Saved data entries:
◇ ◇ ◇ ◇
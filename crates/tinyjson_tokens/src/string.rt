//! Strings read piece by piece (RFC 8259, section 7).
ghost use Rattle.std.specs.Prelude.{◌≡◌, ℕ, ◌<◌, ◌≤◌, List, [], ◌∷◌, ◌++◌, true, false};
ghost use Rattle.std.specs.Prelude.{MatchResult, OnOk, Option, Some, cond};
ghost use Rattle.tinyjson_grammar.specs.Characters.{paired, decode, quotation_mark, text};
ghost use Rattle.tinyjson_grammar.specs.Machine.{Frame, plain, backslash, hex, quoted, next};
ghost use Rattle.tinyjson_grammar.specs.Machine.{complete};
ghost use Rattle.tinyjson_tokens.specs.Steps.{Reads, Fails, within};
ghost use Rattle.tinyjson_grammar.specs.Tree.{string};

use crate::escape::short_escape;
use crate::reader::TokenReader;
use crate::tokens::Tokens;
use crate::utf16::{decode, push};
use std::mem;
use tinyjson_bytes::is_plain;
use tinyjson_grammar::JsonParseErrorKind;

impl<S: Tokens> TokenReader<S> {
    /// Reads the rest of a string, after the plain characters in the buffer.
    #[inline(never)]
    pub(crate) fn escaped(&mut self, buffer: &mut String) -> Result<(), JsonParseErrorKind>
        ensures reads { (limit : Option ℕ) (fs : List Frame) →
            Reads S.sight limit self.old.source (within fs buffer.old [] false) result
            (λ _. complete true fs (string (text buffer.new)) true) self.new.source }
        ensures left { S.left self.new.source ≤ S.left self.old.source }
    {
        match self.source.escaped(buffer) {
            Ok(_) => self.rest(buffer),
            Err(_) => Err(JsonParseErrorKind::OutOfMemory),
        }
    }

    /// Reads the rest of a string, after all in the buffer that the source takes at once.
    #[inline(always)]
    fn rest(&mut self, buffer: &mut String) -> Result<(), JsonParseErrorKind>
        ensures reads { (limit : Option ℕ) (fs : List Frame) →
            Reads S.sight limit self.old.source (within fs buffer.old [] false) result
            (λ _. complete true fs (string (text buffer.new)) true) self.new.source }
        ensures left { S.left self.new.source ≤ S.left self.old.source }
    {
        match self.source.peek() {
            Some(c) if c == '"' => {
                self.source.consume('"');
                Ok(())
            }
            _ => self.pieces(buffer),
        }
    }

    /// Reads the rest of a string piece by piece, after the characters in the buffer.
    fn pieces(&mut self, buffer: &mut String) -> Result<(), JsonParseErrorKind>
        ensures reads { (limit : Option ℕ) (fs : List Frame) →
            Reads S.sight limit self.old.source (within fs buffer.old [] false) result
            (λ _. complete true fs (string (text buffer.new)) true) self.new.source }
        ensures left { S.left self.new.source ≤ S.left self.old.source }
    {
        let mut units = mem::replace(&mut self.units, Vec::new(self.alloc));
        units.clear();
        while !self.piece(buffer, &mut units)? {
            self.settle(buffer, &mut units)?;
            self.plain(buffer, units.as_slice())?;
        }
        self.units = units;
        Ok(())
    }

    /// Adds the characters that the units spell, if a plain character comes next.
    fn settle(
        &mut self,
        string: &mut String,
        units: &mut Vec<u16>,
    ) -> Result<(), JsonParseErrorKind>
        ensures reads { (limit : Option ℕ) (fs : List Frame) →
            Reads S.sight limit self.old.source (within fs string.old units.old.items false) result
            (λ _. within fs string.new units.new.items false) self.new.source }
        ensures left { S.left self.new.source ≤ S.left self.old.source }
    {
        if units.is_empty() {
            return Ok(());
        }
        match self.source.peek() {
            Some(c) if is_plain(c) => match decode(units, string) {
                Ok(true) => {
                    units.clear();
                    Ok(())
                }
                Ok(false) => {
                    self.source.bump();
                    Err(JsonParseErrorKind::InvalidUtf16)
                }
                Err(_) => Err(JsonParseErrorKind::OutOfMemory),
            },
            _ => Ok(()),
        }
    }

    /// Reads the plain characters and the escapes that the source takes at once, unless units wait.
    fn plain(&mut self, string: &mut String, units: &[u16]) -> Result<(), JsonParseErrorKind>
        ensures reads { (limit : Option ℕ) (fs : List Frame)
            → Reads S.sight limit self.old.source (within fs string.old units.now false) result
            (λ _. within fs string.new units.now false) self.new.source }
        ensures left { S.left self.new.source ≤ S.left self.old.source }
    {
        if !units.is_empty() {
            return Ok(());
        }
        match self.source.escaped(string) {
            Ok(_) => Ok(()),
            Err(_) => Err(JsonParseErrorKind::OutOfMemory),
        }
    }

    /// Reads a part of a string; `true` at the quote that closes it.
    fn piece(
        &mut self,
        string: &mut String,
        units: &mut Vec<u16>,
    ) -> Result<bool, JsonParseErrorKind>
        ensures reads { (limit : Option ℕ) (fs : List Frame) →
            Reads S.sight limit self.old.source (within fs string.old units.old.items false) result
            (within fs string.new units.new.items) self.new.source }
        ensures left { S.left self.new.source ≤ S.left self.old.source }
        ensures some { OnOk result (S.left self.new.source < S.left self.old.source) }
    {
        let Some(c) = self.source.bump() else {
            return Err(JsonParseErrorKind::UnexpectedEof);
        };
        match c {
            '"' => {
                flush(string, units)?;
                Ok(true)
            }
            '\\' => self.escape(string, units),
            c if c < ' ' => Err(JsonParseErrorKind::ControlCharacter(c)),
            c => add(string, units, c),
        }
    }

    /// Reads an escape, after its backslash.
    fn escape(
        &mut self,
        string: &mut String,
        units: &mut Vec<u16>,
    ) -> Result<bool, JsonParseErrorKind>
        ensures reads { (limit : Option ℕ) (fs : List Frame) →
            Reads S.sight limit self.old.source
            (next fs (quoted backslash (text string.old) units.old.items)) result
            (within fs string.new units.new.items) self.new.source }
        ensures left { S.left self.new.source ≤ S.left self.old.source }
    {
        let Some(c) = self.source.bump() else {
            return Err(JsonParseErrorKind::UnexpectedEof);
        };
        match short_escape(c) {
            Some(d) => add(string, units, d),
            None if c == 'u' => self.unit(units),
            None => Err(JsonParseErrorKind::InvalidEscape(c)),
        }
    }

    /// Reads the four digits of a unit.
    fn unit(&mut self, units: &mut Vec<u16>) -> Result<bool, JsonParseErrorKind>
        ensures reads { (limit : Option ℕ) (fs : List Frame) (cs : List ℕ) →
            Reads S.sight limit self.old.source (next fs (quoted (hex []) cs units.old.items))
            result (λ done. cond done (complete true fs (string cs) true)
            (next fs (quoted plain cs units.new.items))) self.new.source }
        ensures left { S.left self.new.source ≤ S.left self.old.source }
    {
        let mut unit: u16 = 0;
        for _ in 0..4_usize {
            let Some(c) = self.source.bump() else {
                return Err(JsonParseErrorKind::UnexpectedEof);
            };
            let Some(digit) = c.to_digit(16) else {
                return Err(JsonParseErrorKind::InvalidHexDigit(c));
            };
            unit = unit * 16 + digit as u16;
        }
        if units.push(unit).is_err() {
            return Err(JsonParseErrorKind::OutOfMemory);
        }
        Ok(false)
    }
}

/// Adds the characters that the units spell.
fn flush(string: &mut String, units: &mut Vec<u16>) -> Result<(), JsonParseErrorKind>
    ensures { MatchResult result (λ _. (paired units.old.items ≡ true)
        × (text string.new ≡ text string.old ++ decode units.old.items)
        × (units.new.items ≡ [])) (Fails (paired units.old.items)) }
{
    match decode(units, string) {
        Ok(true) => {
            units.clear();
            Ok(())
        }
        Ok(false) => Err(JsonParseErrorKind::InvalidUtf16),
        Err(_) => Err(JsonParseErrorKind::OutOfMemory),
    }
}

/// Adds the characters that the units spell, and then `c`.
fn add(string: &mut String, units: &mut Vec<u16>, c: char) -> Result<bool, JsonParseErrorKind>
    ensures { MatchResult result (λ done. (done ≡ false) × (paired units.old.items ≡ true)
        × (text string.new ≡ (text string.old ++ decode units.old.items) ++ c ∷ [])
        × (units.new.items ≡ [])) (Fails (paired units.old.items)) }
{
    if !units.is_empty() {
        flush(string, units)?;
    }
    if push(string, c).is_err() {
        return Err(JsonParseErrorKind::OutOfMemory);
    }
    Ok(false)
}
◇ ◇ ◇ ◇
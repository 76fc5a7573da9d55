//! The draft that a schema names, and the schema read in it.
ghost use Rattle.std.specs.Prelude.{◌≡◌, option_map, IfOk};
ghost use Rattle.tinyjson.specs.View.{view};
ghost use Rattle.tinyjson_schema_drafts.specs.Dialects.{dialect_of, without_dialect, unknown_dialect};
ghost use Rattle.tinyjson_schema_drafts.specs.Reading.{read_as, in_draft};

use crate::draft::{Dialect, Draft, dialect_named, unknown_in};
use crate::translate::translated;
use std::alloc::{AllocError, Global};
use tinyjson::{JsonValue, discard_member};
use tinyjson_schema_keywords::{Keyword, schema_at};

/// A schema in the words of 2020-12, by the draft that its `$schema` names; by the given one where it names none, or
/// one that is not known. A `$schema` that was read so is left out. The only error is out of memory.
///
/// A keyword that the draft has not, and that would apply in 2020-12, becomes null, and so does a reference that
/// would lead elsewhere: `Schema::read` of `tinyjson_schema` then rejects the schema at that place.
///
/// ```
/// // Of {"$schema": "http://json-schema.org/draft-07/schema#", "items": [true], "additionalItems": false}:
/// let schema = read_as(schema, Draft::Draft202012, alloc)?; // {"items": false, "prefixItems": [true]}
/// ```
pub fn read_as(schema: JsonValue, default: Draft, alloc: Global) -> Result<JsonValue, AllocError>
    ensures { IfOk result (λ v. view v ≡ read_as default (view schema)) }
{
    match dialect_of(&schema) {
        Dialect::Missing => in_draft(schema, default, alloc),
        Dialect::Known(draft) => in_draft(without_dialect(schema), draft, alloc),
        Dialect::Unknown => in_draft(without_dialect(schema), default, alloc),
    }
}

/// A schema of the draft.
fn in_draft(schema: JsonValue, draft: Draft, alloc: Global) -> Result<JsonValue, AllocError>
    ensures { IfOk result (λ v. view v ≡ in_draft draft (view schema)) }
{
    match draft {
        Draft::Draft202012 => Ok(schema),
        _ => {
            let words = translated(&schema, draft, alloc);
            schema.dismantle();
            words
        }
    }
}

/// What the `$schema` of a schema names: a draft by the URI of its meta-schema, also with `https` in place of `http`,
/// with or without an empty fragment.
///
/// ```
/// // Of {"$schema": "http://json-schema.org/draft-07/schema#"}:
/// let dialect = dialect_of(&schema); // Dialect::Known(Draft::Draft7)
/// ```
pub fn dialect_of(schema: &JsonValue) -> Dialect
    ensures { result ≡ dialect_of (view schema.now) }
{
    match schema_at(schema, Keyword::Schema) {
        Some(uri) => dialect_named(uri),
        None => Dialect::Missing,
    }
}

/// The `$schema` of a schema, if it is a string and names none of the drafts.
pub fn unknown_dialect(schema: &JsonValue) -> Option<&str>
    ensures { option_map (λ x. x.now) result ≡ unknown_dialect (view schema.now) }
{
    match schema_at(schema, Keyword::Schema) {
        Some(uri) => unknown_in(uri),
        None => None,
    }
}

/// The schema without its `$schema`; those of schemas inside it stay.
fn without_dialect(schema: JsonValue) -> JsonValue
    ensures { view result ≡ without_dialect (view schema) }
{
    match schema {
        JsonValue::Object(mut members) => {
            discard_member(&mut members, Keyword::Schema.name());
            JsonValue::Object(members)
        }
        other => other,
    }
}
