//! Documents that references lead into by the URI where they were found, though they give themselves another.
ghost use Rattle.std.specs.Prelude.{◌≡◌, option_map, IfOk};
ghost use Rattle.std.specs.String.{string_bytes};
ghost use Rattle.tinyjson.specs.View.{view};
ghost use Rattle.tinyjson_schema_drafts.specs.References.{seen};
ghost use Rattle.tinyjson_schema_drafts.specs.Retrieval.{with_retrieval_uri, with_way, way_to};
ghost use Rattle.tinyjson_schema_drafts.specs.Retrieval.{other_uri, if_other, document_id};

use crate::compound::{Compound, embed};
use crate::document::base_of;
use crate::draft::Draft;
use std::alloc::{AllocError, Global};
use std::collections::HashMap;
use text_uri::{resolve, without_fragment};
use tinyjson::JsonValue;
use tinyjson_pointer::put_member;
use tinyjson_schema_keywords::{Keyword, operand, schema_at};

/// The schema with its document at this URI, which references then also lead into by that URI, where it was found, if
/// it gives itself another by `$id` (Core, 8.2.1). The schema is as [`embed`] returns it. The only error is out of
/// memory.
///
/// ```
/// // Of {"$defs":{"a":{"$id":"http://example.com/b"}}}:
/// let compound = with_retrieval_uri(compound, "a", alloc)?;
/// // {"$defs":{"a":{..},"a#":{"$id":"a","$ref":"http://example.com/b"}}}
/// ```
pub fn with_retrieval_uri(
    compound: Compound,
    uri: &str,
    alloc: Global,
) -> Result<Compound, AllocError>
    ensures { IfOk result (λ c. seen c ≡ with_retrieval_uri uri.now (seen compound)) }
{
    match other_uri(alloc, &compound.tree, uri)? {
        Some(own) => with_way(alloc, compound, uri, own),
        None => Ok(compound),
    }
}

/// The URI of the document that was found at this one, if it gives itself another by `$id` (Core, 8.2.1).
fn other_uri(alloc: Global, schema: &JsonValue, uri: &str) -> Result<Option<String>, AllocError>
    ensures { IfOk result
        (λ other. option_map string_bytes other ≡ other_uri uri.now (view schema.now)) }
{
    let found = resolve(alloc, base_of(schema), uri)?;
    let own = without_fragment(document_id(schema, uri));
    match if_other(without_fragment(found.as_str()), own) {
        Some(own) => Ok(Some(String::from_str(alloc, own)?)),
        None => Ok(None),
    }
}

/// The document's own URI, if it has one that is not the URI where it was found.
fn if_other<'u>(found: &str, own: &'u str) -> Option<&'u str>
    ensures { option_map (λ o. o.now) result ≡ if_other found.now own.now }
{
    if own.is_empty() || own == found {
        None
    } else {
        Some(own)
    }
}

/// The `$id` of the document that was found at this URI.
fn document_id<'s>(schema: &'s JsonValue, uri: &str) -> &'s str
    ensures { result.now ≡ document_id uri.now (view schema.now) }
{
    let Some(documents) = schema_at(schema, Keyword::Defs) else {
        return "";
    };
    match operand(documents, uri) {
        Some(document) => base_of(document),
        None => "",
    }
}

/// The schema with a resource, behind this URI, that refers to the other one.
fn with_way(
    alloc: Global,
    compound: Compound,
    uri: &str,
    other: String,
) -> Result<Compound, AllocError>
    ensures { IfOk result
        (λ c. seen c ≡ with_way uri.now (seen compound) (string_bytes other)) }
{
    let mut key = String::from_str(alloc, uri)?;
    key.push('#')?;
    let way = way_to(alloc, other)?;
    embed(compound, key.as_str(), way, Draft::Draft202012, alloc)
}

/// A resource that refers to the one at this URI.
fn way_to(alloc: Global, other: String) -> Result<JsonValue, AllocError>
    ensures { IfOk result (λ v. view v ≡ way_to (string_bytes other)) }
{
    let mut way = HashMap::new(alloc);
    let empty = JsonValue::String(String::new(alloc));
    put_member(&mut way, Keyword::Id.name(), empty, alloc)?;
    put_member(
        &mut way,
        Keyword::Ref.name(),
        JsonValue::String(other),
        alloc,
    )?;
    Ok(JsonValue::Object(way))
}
◇ ◇ ◇ ◇
> EXERCISE: Count each line above where the string "once" occurs. Give the number only.

> ANSWER TO THE EXERCISE: 2